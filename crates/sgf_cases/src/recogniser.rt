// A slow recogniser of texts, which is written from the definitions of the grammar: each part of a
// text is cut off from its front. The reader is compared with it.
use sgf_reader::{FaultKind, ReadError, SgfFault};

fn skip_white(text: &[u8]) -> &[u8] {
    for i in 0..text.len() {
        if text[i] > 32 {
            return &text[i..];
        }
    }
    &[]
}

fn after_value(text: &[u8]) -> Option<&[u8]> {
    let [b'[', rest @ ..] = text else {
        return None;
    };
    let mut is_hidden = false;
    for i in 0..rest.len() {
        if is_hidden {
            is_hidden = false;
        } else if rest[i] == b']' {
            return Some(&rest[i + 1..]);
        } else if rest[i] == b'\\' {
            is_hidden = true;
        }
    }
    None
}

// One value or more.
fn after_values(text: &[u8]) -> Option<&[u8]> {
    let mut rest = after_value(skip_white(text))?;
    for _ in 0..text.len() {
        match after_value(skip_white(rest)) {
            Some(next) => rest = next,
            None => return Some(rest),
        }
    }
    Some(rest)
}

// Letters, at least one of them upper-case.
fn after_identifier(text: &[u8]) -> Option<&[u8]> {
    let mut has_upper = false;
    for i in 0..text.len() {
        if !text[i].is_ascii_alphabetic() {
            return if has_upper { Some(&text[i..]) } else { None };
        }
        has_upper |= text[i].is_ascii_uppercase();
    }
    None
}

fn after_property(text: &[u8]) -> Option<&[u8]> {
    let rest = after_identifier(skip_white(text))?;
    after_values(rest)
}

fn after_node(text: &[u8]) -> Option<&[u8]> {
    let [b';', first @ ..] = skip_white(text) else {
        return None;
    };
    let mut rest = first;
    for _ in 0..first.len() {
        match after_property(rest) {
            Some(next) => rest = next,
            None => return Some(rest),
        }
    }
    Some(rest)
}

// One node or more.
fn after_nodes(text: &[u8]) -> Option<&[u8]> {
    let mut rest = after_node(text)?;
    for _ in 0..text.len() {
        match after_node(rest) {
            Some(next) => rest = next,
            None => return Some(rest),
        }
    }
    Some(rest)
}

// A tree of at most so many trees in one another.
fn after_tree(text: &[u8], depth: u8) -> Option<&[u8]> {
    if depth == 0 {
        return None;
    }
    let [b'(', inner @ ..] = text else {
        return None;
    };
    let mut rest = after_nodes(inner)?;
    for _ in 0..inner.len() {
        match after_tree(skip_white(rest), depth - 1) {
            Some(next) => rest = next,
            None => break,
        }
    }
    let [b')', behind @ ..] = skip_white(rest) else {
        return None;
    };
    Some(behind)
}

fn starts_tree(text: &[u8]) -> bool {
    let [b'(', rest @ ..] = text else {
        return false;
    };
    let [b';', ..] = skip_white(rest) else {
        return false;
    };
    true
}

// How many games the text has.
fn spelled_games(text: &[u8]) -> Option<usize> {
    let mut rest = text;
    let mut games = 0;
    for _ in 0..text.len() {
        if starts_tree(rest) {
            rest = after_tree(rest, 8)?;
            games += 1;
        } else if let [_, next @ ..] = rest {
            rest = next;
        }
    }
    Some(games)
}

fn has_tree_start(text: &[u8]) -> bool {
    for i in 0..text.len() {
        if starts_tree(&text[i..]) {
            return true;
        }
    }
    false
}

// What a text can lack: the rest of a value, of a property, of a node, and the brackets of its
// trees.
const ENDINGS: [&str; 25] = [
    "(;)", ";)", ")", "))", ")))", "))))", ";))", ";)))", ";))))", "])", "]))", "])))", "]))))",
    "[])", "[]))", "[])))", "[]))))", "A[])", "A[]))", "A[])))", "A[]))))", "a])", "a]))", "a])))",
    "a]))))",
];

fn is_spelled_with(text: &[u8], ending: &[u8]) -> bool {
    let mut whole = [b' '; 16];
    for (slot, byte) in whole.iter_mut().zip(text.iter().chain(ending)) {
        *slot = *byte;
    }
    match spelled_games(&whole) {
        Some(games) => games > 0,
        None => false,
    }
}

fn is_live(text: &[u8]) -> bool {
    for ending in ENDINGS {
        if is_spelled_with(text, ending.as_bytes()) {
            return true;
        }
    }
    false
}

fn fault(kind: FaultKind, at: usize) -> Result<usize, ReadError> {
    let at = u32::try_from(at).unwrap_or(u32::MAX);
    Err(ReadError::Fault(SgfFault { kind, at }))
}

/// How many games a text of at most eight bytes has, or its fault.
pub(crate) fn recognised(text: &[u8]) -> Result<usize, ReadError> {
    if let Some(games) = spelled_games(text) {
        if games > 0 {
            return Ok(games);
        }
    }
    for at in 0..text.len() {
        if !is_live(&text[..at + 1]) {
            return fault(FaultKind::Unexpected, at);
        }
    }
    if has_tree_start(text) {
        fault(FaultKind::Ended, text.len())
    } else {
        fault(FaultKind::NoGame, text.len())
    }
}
────────────────
### PROBLEM TO WORK ON
A word-for-word repetition of the listing above is required.

### ANSWER
filename crates/sgf_cases/src/recogniser.rt
// A slow recogniser of texts, which is written from the definitions of the grammar: each part of a
// text is cut off from its front. The reader is compared with it.
use sgf_reader::{FaultKind, ReadError, SgfFault};

fn skip_white(text: &[u8]) -> &[u8] {
    for i in 0..text.len() {
        if text[i] > 32 {
            return &text[i..];
        }
    }
    &[]
}

fn after_value(text: &[u8]) -> Option<&[u8]> {
    let [b'[', rest @ ..] = text else {
        return None;
    };
    let mut is_hidden = false;
    for i in 0..rest.len() {
        if is_hidden {
            is_hidden = false;
        } else if rest[i] == b']' {
            return Some(&rest[i + 1..]);
        } else if rest[i] == b'\\' {
            is_hidden = true;
        }
    }
    None
}

// One value or more.
fn after_values(text: &[u8]) -> Option<&[u8]> {
    let mut rest = after_value(skip_white(text))?;
    for _ in 0..text.len() {
        match after_value(skip_white(rest)) {
            Some(next) => rest = next,
            None => return Some(rest),
        }
    }
    Some(rest)
}

// Letters, at least one of them upper-case.
fn after_identifier(text: &[u8]) -> Option<&[u8]> {
    let mut has_upper = false;
    for i in 0..text.len() {
        if !text[i].is_ascii_alphabetic() {
            return if has_upper { Some(&text[i..]) } else { None };
        }
        has_upper |= text[i].is_ascii_uppercase();
    }
    None
}

fn after_property(text: &[u8]) -> Option<&[u8]> {
    let rest = after_identifier(skip_white(text))?;
    after_values(rest)
}

fn after_node(text: &[u8]) -> Option<&[u8]> {
    let [b';', first @ ..] = skip_white(text) else {
        return None;
    };
    let mut rest = first;
    for _ in 0..first.len() {
        match after_property(rest) {
            Some(next) => rest = next,
            None => return Some(rest),
        }
    }
    Some(rest)
}

// One node or more.
fn after_nodes(text: &[u8]) -> Option<&[u8]> {
    let mut rest = after_node(text)?;
    for _ in 0..text.len() {
        match after_node(rest) {
            Some(next) => rest = next,
            None => return Some(rest),
        }
    }
    Some(rest)
}

// A tree of at most so many trees in one another.
fn after_tree(text: &[u8], depth: u8) -> Option<&[u8]> {
    if depth == 0 {
        return None;
    }
    let [b'(', inner @ ..] = text else {
        return None;
    };
    let mut rest = after_nodes(inner)?;
    for _ in 0..inner.len() {
        match after_tree(skip_white(rest), depth - 1) {
            Some(next) => rest = next,
            None => break,
        }
    }
    let [b')', behind @ ..] = skip_white(rest) else {
        return None;
    };
    Some(behind)
}

fn starts_tree(text: &[u8]) -> bool {
    let [b'(', rest @ ..] = text else {
        return false;
    };
    let [b';', ..] = skip_white(rest) else {
        return false;
    };
    true
}

// How many games the text has.
fn spelled_games(text: &[u8]) -> Option<usize> {
    let mut rest = text;
    let mut games = 0;
    for _ in 0..text.len() {
        if starts_tree(rest) {
            rest = after_tree(rest, 8)?;
            games += 1;
        } else if let [_, next @ ..] = rest {
            rest = next;
        }
    }
    Some(games)
}

fn has_tree_start(text: &[u8]) -> bool {
    for i in 0..text.len() {
        if starts_tree(&text[i..]) {
            return true;
        }
    }
    false
}

// What a text can lack: the rest of a value, of a property, of a node, and the brackets of its
// trees.
const ENDINGS: [&str; 25] = [
    "(;)", ";)", ")", "))", ")))", "))))", ";))", ";)))", ";))))", "])", "]))", "])))", "]))))",
    "[])", "[]))", "[])))", "[]))))", "A[])", "A[]))", "A[])))", "A[]))))", "a])", "a]))", "a])))",
    "a]))))",
];

fn is_spelled_with(text: &[u8], ending: &[u8]) -> bool {
    let mut whole = [b' '; 16];
    for (slot, byte) in whole.iter_mut().zip(text.iter().chain(ending)) {
        *slot = *byte;
    }
    match spelled_games(&whole) {
        Some(games) => games > 0,
        None => false,
    }
}

fn is_live(text: &[u8]) -> bool {
    for ending in ENDINGS {
        if is_spelled_with(text, ending.as_bytes()) {
            return true;
        }
    }
    false
}

fn fault(kind: FaultKind, at: usize) -> Result<usize, ReadError> {
    let at = u32::try_from(at).unwrap_or(u32::MAX);
    Err(ReadError::Fault(SgfFault { kind, at }))
}

/// How many games a text of at most eight bytes has, or its fault.
pub(crate) fn recognised(text: &[u8]) -> Result<usize, ReadError> {
    if let Some(games) = spelled_games(text) {
        if games > 0 {
            return Ok(games);
        }
    }
    for at in 0..text.len() {
        if !is_live(&text[..at + 1]) {
            return fault(FaultKind::Unexpected, at);
        }
    }
    if has_tree_start(text) {
        fault(FaultKind::Ended, text.len())
    } else {
        fault(FaultKind::NoGame, text.len())
    }
}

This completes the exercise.